Simulations were performed using Gromacs 2020.757. For each condition, three to five independent simulations were run. All systems were energy minimized and equilibrated in six steps consisting of 2.5 ns long simulations, while slowly releasing the position restraint forces acting on the Cα atoms. Initial random velocities were assigned independently to each system. Production simulations were performed for 1.0 µs. The Verlet neighbor list was updated every 20 steps with a cutoff of 12 Å and a buffer tolerance of 0.005 kJ/mol/ps. Non-bonded van der Waals interactions were truncated between 10 and 12 Å using a force-based switching method. Long-range electrostatic interactions under periodic boundary conditions were evaluated by using the smooth particle mesh Ewald method with a real-space cutoff of 12 Å58. Bonds to hydrogen atoms were constrained with the P-LINCS algorithm with an expansion order of four and one LINCS iteration59. The constant temperature was maintained at 310 K using the v-rescale (τ =  0.1 ps) thermostat60 by separately coupling solvent plus salt ions, membrane, and protein. Semi-isotropic pressure coupling was applied using the Parrinello–Rahman barostat61, using 1 bar and applying a coupling constant of 1 ps. Finally, a restraint-free production run was carried out for each simulation, with a time step of 2 fs. The parameters were provided in Supplementary Table 2. Initial coordinate and simulation input files, and a coordinate file of the final output are provided as Supplementary Data 1.

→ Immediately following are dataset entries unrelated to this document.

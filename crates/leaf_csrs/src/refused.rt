// Which accesses are refused, and what that says of variables.

ghost use Rattle.std.specs.Prelude.{◌≡◌, ℕ, ◌&&◌, nat_eq, IfOk};
ghost use Rattle.std.specs.List.{list_any};
ghost use Rattle.dom_set.specs.Elements.{is_within};
ghost use Rattle.rv_csr.specs.Table.{address_of};
ghost use Rattle.data_goals.specs.Goals.{IsCut};
ghost use Rattle.leaf_csrs.specs.Usages.{is_refused_at, refused_field, refused_test, refuses};

use crate::accesses::{is_swap, refuses};
use crate::numbers::{not_zero, push_one, set_of};
use dom_set::{OutOfMemory, Set};
use fd_prob::Slot;
use leaf_stand::Stand;
use rv_csr::{REGISTERS, Register, row_of};
use rv_isa::Op;
use std::alloc::Global;

/// The addresses of the refused ones of the registers, as ranges.
fn addresses(
    alloc: Global,
    stand: &Stand,
    written: bool,
    registers: &[Register],
) -> Result<Vec<(u32, u32)>, OutOfMemory>
    ensures { IfOk result (λ pairs. (v : ℕ) → is_within pairs.items v ≡ list_any (λ register. nat_eq (address_of register) v && refuses stand.now written register) registers.now) }
{
    let mut pairs = Vec::new(alloc);
    for register in registers {
        let address = u32::from(row_of(*register).address());
        push_one(&mut pairs, address, refuses(stand, written, *register))?;
    }
    Ok(pairs)
}

/// The addresses of registers that are refused.
fn csr_cut(alloc: Global, stand: &Stand, written: bool) -> Result<Option<Set>, OutOfMemory>
    ensures { IfOk result (IsCut (is_refused_at stand.now written)) }
{
    let pairs = addresses(alloc, stand, written, &REGISTERS)?;
    let set = set_of(alloc, &pairs)?;
    Ok(Some(set))
}

/// What is asked of the field of the operand: where a register may only be read, that it is written.
fn field_cut(alloc: Global, op: Op, written: bool) -> Result<Option<Set>, OutOfMemory>
    ensures { IfOk result (IsCut (refused_field op written)) }
{
    if !written || is_swap(op) {
        return Ok(None);
    }
    not_zero(alloc)
}

/// What the refusal of an access says of one variable; `None` where each word passes. At `written` it is refused since it
/// writes what may only be read, and else since the register may not be accessed.
pub fn refused_cut(
    alloc: Global,
    stand: &Stand,
    op: Op,
    written: bool,
    slot: Slot,
) -> Result<Option<Set>, OutOfMemory>
    ensures { IfOk result (IsCut (refused_test stand.now op written slot)) }
{
    match slot {
        Slot::Rs1 => {
            if op.has_rs1() {
                field_cut(alloc, op, written)
            } else {
                Ok(None)
            }
        }
        Slot::Imm => {
            if op.has_rs1() {
                Ok(None)
            } else {
                field_cut(alloc, op, written)
            }
        }
        Slot::Csr => csr_cut(alloc, stand, written),
        _ => Ok(None),
    }
}
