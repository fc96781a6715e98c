// Laws of the ways of CSR instructions.
ghost use Rattle.leaf_csrs.specs.Laws.{DeniedAreRefused, GrantedAreUsages, RefusedAreDenied, UsagesAreGranted};

/// Does nothing. Its contract says that an access is granted just where a usage of a register fits.
pub fn granted_are_usages()
    ensures there { UsagesAreGranted }
    ensures back { GrantedAreUsages }
{}

/// Does nothing. Its contract says that an access is denied just where one of the two refusals fits.
pub fn denied_are_refused()
    ensures there { RefusedAreDenied }
    ensures back { DeniedAreRefused }
{}
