// The tables as one array of numbers, which is lent and never copied: so the part of the reads in a level that a history gives takes them
// (crate `recorded`, and the timed test). No call packs its tables. Places: 0 to 127 the folders, 128 to 191 the persons' levels, 192
// to 255 the firms, 256 to 287 the rights of the roles, 288 to 303 the steps, 304 the mask, 305 the set of the declared persons, 306 that
// of the declared roles. (One array and no struct of arrays: the timed C function `timed_level_by_reads` takes it as 307 numbers, and the
// definition `tables_of` reads it so.)
#![tactic(auto)]

ghost use Rattle.std.specs.Prelude.{◌≡◌, ◌<◌};
ghost use Rattle.policy.specs.Tables.{person_at, folder_at};
ghost use Rattle.packed.specs.Packed.{tables_of};

use bits::Word;
use level::Level;
use policy::{Folder, Person};

// The tables, packed.
pub type Words = [u64; 307];

// The entry of folder o. A part of a number is cast, here and below: there is no From to a narrower number, and a TryFrom would have an Err
// that never comes.
pub fn folder(t: &Words, o: usize) -> Folder
    requires { o < 128 }
    ensures { result ≡ folder_at (tables_of t.now) o }
{
    let x = t[o];
    Folder {
        declared: x % 256 == 1,
        firm: (x / 256 % 256) as u8,
        kind: (x / 65536 % 256) as u8,
        level: Level((x / 16777216 % 65536) as u16),
        public: x.bit(40),
    }
}

// The entry of person s.
pub fn person(t: &Words, s: usize) -> Person
    requires { s < 64 }
    ensures { result ≡ person_at (tables_of t.now) s }
{
    Person {
        declared: t[305].bit(s),
        level: Level((t[128 + s] % 65536) as u16),
    }
}
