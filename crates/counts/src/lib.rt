// The counts of a tally (document 02, Point 7): which firm a request is counted under, one count more, and the record that a caller keeps.
#![tactic(auto)]

ghost use Rattle.std.specs.Prelude.{◌≡◌, ◌||◌, ◌%◌, ◌≤◌, ◌<◌, eqb, length, get_or, set};
ghost use Rattle.policy.specs.declared.Tables.{Tables};
ghost use Rattle.policy.specs.Tables.{folder_at};
ghost use Rattle.policy.specs.Tallies.{counted_under, raised};
ghost use Rattle.request.specs.Parsed.{as_request};
ghost use Rattle.counts.specs.Counting.{raised_at, with_one};

use policy::{Folder, Kind};
use request::Parsed;

// The counts of a month: that of firm f, 64 for no firm, and number n stands at 32 * f + n. A count at 2^64 - 1 stays.
#[derive(Clone, Copy)]
pub struct Tally {
    pub counts: [u64; COUNTS],
}

// The number of the counts of a tally.
pub const COUNTS: usize = 2080;

// No firm: starts, requests on undeclared folders, and unknown or cut records are counted under it. It is a number and no `None`: row 64
// of the record that C lends (`Tally`), and what `counted_under` gives.
const NO_FIRM: usize = 64;

// A count with one more; the largest stays.
fn raise(count: u64) -> u64
    ensures { result ≡ raised count }
{
    count.saturating_add(1)
}

// One more at a place.
fn raise_at(counts: &mut [u64], at: usize)
    requires { at < length counts.old }
    ensures { counts.new ≡ set counts.old at (raised (get_or counts.old at 0)) }
{
    counts[at] = raise(counts[at]);
}

// A request of this kind names a folder: a read, a write or a step.
fn names_folder(kind: u8) -> bool
    ensures { result ≡ (eqb kind 16 || eqb kind 17 || eqb kind 19) }
{
    matches!(
        Kind::try_from(kind),
        Ok(Kind::Read | Kind::Write | Kind::Step)
    )
}

// The firm that a request read is counted under: that of its folder, whose entry is at hand, if it names a declared one.
pub fn firm_of(folder: Folder, parsed: Parsed) -> usize
    ensures { (t : Tables) → folder ≡ folder_at t (parsed.target % 128) → result ≡ counted_under t (as_request parsed) }
{
    let found = (parsed.target < 128) & folder.declared;
    if names_folder(parsed.kind) & found {
        return usize::from(folder.firm);
    }
    NO_FIRM
}

// One more at a firm and a number.
#[tactic(auto, unfolding(crate::specs::Counting::raised_at))]
pub fn count_at(counts: &mut [u64], firm: usize, number: usize)
    requires { (length counts.old ≡ 2080) × (firm ≤ 64) × (number < 32) }
    ensures { counts.new ≡ raised_at counts.old firm number }
{
    let at = 32 * firm + number;
    raise_at(counts, at);
}

// One more at a firm and a number; nothing changes outside the 65 firms and the 32 numbers.
#[tactic(auto, unfolding(crate::specs::Counting::with_one))]
pub fn count_one(counts: &mut [u64], firm: usize, number: usize)
    ensures { counts.new ≡ with_one counts.old firm number }
{
    if firm > 64 {
        return;
    }
    if number > 31 {
        return;
    }
    let place = 32 * firm + number;
    if place < counts.len() {
        raise_at(counts, place);
    }
}

// One more in a tally at a firm and a number: the record is lent and its counts are lent on.
pub fn add_one(tally: &mut Tally, firm: usize, number: usize)
    ensures { tally.new.counts ≡ with_one tally.old.counts firm number }
{
    count_one(&mut tally.counts, firm, number)
}
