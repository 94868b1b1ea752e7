ghost use Rattle.std.specs.Prelude.{◌≡◌, ◌<◌, ◌≤◌, ◌^◌, ◌++◌, ◌∷◌, [], ◌+◌, ◌-◌, List, Some, slice_get, length, map, drop, OnOk, OnErr, IfOk, IsPermutation};
ghost use Rattle.std.specs.Bool.{Decides};
ghost use Rattle.std.specs.List.{AllByRecursion};
ghost use Rattle.std.specs.Ordering.{ordering_then, nat_cmp};
ghost use Rattle.pig_value.specs.Sorts.{sort};
ghost use Rattle.pig_value.specs.Trees.{Tree, tree, row_tree};
ghost use Rattle.pig_keycode.specs.Codable.{IsCodeOf, IsCodeOfRow};
ghost use Rattle.pig_keycode.specs.Keys.{key_code};
ghost use Rattle.pig_keycode.specs.Reading.{row_code};
ghost use Rattle.pig_value.specs.Orders.{text_cmp};
ghost use Rattle.pig_runs.specs.Fronts.{against, behind_cmp, front_len, fronted_cmp, sided_cmp, side_of, told_len, untold};
ghost use Rattle.pig_runs.specs.Packed.{part, found_at, fronted_at, fronted_entry_cmp, fronted_key, fronted_row, packed_cmp, packed_lent, row_at, row_untold, sided_at, slot_of, moved, untold_len, IsPlaced};

use crate::fronts::{compare_behind, compare_fronts, compare_lens, end_within, front};
use crate::lent::{Lent, compare_lent};
use crate::slots::Slot;
use pig_keycode::{decode, decode_row, encode_key, encode_row};
use pig_value::{Dirs, Seq, Tuple, Value, narrow};
use std::alloc::{AllocError, Global};
use std::cmp::Ordering;

// What stands in the code of a row before its first field.
const BEFORE_FIELD: [u8; 2] = [6, 1];

// The side of the rows whose first field is the key.
const AMONG: u32 = 1;

// So many bytes from a place on.
pub(crate) fn part(bytes: &[u8], at: usize, len: usize) -> &[u8]
    ensures { result.now ≡ part bytes.now at len }
{
    match bytes.get(at..) {
        Some(rest) => match rest.get(..len) {
            Some(part) => part,
            None => rest,
        },
        None => &[],
    }
}
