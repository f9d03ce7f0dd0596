ghost use Rattle.std.specs.Prelude.{◌≡◌};
ghost use Rattle.sender.specs.Outcomes.{Making, Opening, Filling};

use super::Idle;
use crate::open::Open;
use crate::putting::{put, put_times, turns_length};
use crate::stuffed::{Stuffed, stuffed_length};
use checks::{Check, take_in_all};
use codes::LineCode;
use frames::{FLAG, Refusal, Refused, Settings, header_octets};
use std::iter::once;
use std::marker::PhantomData;

impl<L: LineCode, K: Check> Idle<L, K> {
    // Over a check of another width than the settings say none is made, and the line code is given back.
    pub fn new(settings: Settings, line: L) -> Result<Idle<L, K>, Refused<L>>
        ensures { Making K.Check.width settings line result }
    {
        let line = settings.allow::<K, L>(line)?;
        Ok(Idle {
            settings,
            line,
            kind: PhantomData,
        })
    }

    // Opens a frame: a flag, and the address, the control and the SAPI. The answer is the sender with the frame open and how
    // many octets were written, or the same sender again.
    pub fn open(
        self,
        sapi: u16,
        stretch: &mut [u8],
    ) -> Result<(Open<L, K>, usize), Refused<Idle<L, K>>>
        ensures { Opening L.LineCode.onward K.Check.owed K.Check.owes sapi self stretch.old stretch.new result }
    {
        if !self.settings.serves(sapi) {
            return Err(Refused {
                given: self,
                refusal: Refusal::Unserved,
            });
        }
        let header = header_octets(sapi);
        let count = 1 + stuffed_length(&header);
        if count > stretch.len() {
            return Err(Refused {
                given: self,
                refusal: Refusal::Stretch,
            });
        }
        let Idle {
            settings,
            mut line,
            kind: _,
        } = self;
        put(&mut line, once(FLAG).chain(Stuffed::new(&header)), stretch);
        let mut check = K::start();
        take_in_all(&mut check, &header);
        let open = Open {
            settings,
            line,
            check,
            count: 0,
        };
        Ok((open, count))
    }

    // Fills the time between two frames with k flags.
    pub fn fill(&mut self, k: u16, stretch: &mut [u8]) -> Result<usize, Refusal>
        ensures { Filling L.LineCode.onward k self.old self.new stretch.old stretch.new result }
    {
        if turns_length(&[FLAG], k) > stretch.len() {
            return Err(Refusal::Stretch);
        }
        Ok(put_times(&mut self.line, &[FLAG], k, stretch))
    }

    // Ends the sender and gives its line code back.
    pub fn into_line(self) -> L
        ensures { result ≡ self.line }
    {
        let Idle {
            settings: _,
            line,
            kind: _,
        } = self;
        line
    }
}
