/// The premises of what is said of two builds can be met together, where the roots differ: by the
/// build of two steps, and once more where the second step made an executable file. A law: it does
/// nothing.
pub fn two_builds_meet_the_premises()
    ensures builds { AreTwoBuilds two.telling two.rerun two.sources two.plan two.recorded
        two.recorded two.claim two.rerun_claim }
    ensures differ { two.claim ≢ two.rerun_claim }
    // The first step is alike, and the second isn't.
    ensures alike { IsAlike two.telling two.rerun two.recorded two.recorded 0 }
    ensures unlike { IsUnlike two.telling two.rerun two.recorded two.recorded 1 }
{}

/// The premises of what is said of two sources can be met together: where all is forgotten that was
/// told of the build of two steps, where more is told, and where they are alike at what is looked
/// at. A law: it does nothing.
pub fn two_sources_meet_the_premises<A: Allocator>()
    ensures less { TellsMore two.silent two.telling }
    ensures yes { IsVerdict {A = A} two.telling two.sources two.plan two.recorded two.claim
        (Yes two.claim 2) }
    ensures no { IsVerdict {A = A} two.silent two.sources two.plan two.recorded two.claim
        (No (Step (codes "gen")) (BlobMissing two.gen_action_digest)) }
    // More is told after a yes, and after a no for another root.
    ensures more { TellsMore two.telling two.lavish }
    ensures other { IsVerdict {A = A} two.telling two.sources two.plan two.recorded two.sources
        (No Root (RootDiffers two.claim)) }
    // Where nothing is told, no result is looked at.
    ensures alike { TellAlike (PlanLooksAt A two.silent two.sources two.plan two.recorded)
        two.silent (record two.silent { results = two.results }) }
{}
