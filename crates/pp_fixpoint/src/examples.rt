//! Worked examples of the definitions.
ghost use Rattle.pp_fixpoint.specs.Examples.{FourteenAreEnough, TwoAreEnough, AnyIsLeftOut};

/// How many turns are enough for two goals over three variables.
pub fn worked_turns_are_enough()
    ensures fourteen { FourteenAreEnough }
    ensures two { TwoAreEnough }
    ensures any { AnyIsLeftOut }
{}
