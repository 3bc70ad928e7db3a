//! The laws of the end of a run.
ghost use Rattle.pp_fixpoint.specs.Laws.{NarrowingChangesFace, RunsEndAtFixpoints, NarrowingShrinks, TurnsAreEnough};

/// A goal that narrows has another face then. So where no goal waits, no goal fails or narrows, and the unfinished ones
/// are told.
pub fn run_ends_at_fixpoint()
    ensures changes { NarrowingChangesFace }
    ensures ends { RunsEndAtFixpoints }
{}

/// A goal that narrows makes the store's finite domains smaller. So there is a number of turns in which a run ends.
pub fn turns_are_enough()
    ensures shrinks { NarrowingShrinks }
    ensures enough { TurnsAreEnough }
{}
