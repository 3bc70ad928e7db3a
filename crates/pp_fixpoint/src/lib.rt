//! What a run of goals comes to: where it ends the store is a fixpoint, and so many turns are enough. Laws over the
//! definitions of runs.
//!
//! The crate has no code. Its functions' contracts are the laws.
#![tactic(auto)]

mod examples;
mod laws;

pub use examples::worked_turns_are_enough;
pub use laws::{run_ends_at_fixpoint, turns_are_enough};
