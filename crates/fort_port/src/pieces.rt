ghost use Rattle.std.specs.Prelude.{◌≡◌, ◌+◌, ◌<◌, ◌≤◌, ◌++◌, length, take, drop, vec_len, vec_capacity, MatchOption};
ghost use Rattle.fort_port.specs.Outside.{Absent, Held, Gives};
ghost use Rattle.fort_port.specs.InMemory.{found};

use fort_base::{Bytes, List};

/// The bytes of the first file of that name.
pub(crate) fn file_named<'a>(files: &'a List<(Bytes, Bytes)>, name: &Bytes) -> Option<&'a [u8]>
    ensures { MatchOption result (found files.now name.now
        ≡ Absent) (λ file. found files.now name.now ≡ Held file.now) }
{
    for file in files.as_slice() {
        if file.0.as_slice() == name.as_slice() {
            return Some(file.1.as_slice());
        }
    }
    None
}

/// Copies what the file has from `at` on, at most `most` bytes of it, and answers how many.
pub(crate) fn copy_piece(file: &[u8], at: u64, most: u64, into: &mut [u8]) -> usize
    requires { 0 < most }
    ensures fits { result ≤ length into.new }
    ensures gives { Gives (Held file.now) at (take result into.new) (length into.new) }
{
    copy_front(rest_from(file, at), most, into)
}

/// The bytes from `at` on, none where there are none.
#[tactic(auto, using(std::proofs::lemmas::List::drop_min))]
fn rest_from(file: &[u8], at: u64) -> &[u8]
    ensures { result.now ≡ drop at file.now }
{
    &file[(at as usize).min(file.len())..]
}

/// Copies the first bytes, as many as fit and at most `most`, and answers how many.
fn copy_front(rest: &[u8], most: u64, into: &mut [u8]) -> usize
    requires { 0 < most }
    ensures fits { result ≤ length into.new }
    ensures within { result ≤ length rest.now }
    ensures copied { take result into.new ≡ take result rest.now }
    ensures none { 0 < length into.new → result ≡ 0 → length rest.now ≡ 0 }
{
    let count = rest.len().min(into.len()).min(most as usize);
    into[..count].copy_from_slice(&rest[..count]);
    count
}

/// Appends the first bytes of a piece, at most `most` of them and no more than fit into so much
/// room.
pub(crate) fn append_piece(held: &mut Vec<u8>, room: u64, most: u64, piece: &[u8]) -> usize
    requires some { 0 < length piece.now }
    requires most { 0 < most }
    requires free { vec_len held.old < room }
    requires taken { room ≤ vec_capacity held.old }
    ensures some { 0 < result }
    ensures within { result ≤ length piece.now }
    ensures appends { held.new.items ≡ held.old.items ++ take result piece.now }
    ensures fits { vec_len held.new ≤ room }
    ensures capacity { vec_capacity held.old ≤ vec_capacity held.new }
{
    let free = room as usize - held.len();
    let count = piece.len().min(free).min(most as usize);
    held.extend_from_slice(&piece[..count]).unwrap();
    count
}
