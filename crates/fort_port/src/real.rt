ghost use Rattle.std.specs.Prelude.{None, ◌≤◌, length, IfSome};
ghost use Rattle.fort_port.specs.Outside.{Untold};

use crate::shelf::{Failed, Shelf};
use crate::sink::Sink;
use fort_base::Bytes;
use std::fs;
use std::io::{Read, Seek, SeekFrom, Write};
use std::rt::Files;

/// Real files, by their paths. Whatever the system answers as an error is a fault, and so is a path
/// that isn't UTF-8. Nothing is told of what files hold.
#[derive(Drop)]
pub struct FileShelf<R: Files + Drop> {
    rt: R,
    faults: u64,
}

impl<R: Files + Drop> FileShelf<R> {
    /// The files that a runtime reaches.
    pub fn new(rt: R) -> FileShelf<R> {
        FileShelf { rt, faults: 0 }
    }

    fn piece(&self, name: &Bytes, at: u64, into: &mut [u8]) -> Option<usize>
        ensures { IfSome result (λ n. n ≤ length into.new) }
    {
        let path = str::from_utf8(name.as_slice()).ok()?;
        let mut file = fs::open(&self.rt, path).ok()?;
        file.seek(SeekFrom::Start(at)).ok()?;
        file.read(into).ok()
    }
}

impl<R: Files + Drop> Shelf for FileShelf<R> {
    ghost holding = { λ _ _. Untold };

    ghost faults = { λ s. s.faults };

    fn read_at(&mut self, name: &Bytes, at: u64, into: &mut [u8]) -> Result<usize, Failed> {
        match self.piece(name, at, into) {
            Some(count) => Ok(count),
            None => {
                self.faults = self.faults.saturating_add(1);
                Err(Failed)
            }
        }
    }
}

/// A real output. Whatever the system answers as an error is a fault, and so is a write of no
/// bytes. Nothing is told of what was written.
#[derive(Drop)]
pub struct StreamSink<W: Write + Drop> {
    stream: W,
    faults: u64,
}

impl<W: Write + Drop> StreamSink<W> {
    /// The output that a stream is.
    pub fn new(stream: W) -> StreamSink<W> {
        StreamSink { stream, faults: 0 }
    }
}

impl<W: Write + Drop> Sink for StreamSink<W> {
    ghost written = { λ _. None };

    ghost faults = { λ s. s.faults };

    ghost can_write = { λ _. Unit {0} };

    fn write(&mut self, bytes: &[u8]) -> Result<usize, Failed> {
        match self.stream.write(bytes) {
            Ok(count) if count > 0 => Ok(count),
            _ => {
                self.faults = self.faults.saturating_add(1);
                Err(Failed)
            }
        }
    }
}
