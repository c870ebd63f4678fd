/// Where a leg begins: the worker, the number of attempts round the task, and the task's place
/// among the threads of its group, counted from 1, or 0 for a task that is in no group.
#[derive(Clone, Copy, Debug, PartialEq, Eq)]
pub struct Point {
    pub worker: u32,
    pub depth: u32,
    pub child: u32,
}

/// What is told of each leg as it begins; it has no answer and no meaning, and may hold the leg up.
pub trait Gate {
    fn at(&self, point: Point);
}

/// The gate that does nothing.
#[derive(Clone, Copy, Debug, PartialEq, Eq)]
pub struct IdleGate;

impl Gate for IdleGate {
    fn at(&self, _point: Point) {}
}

Data and statistical analysis

KM and Kd values were calculated and graphs plotted with GraphPad Prism 8.0 (GraphPad Software Inc., San Diego, USA). Michaelis-Menten kinetics were determined via Y = Vmax*X/(KM + X). All data are from at least three biologically independent experiments (n = 3), in triplicate and portrayed as mean ± SD. For representative results such as chemical cross-linking assays, at least three biological repeats were conducted independently.

Reporting summary

Further information on research design is available in the Nature Portfolio Reporting Summary linked to this article.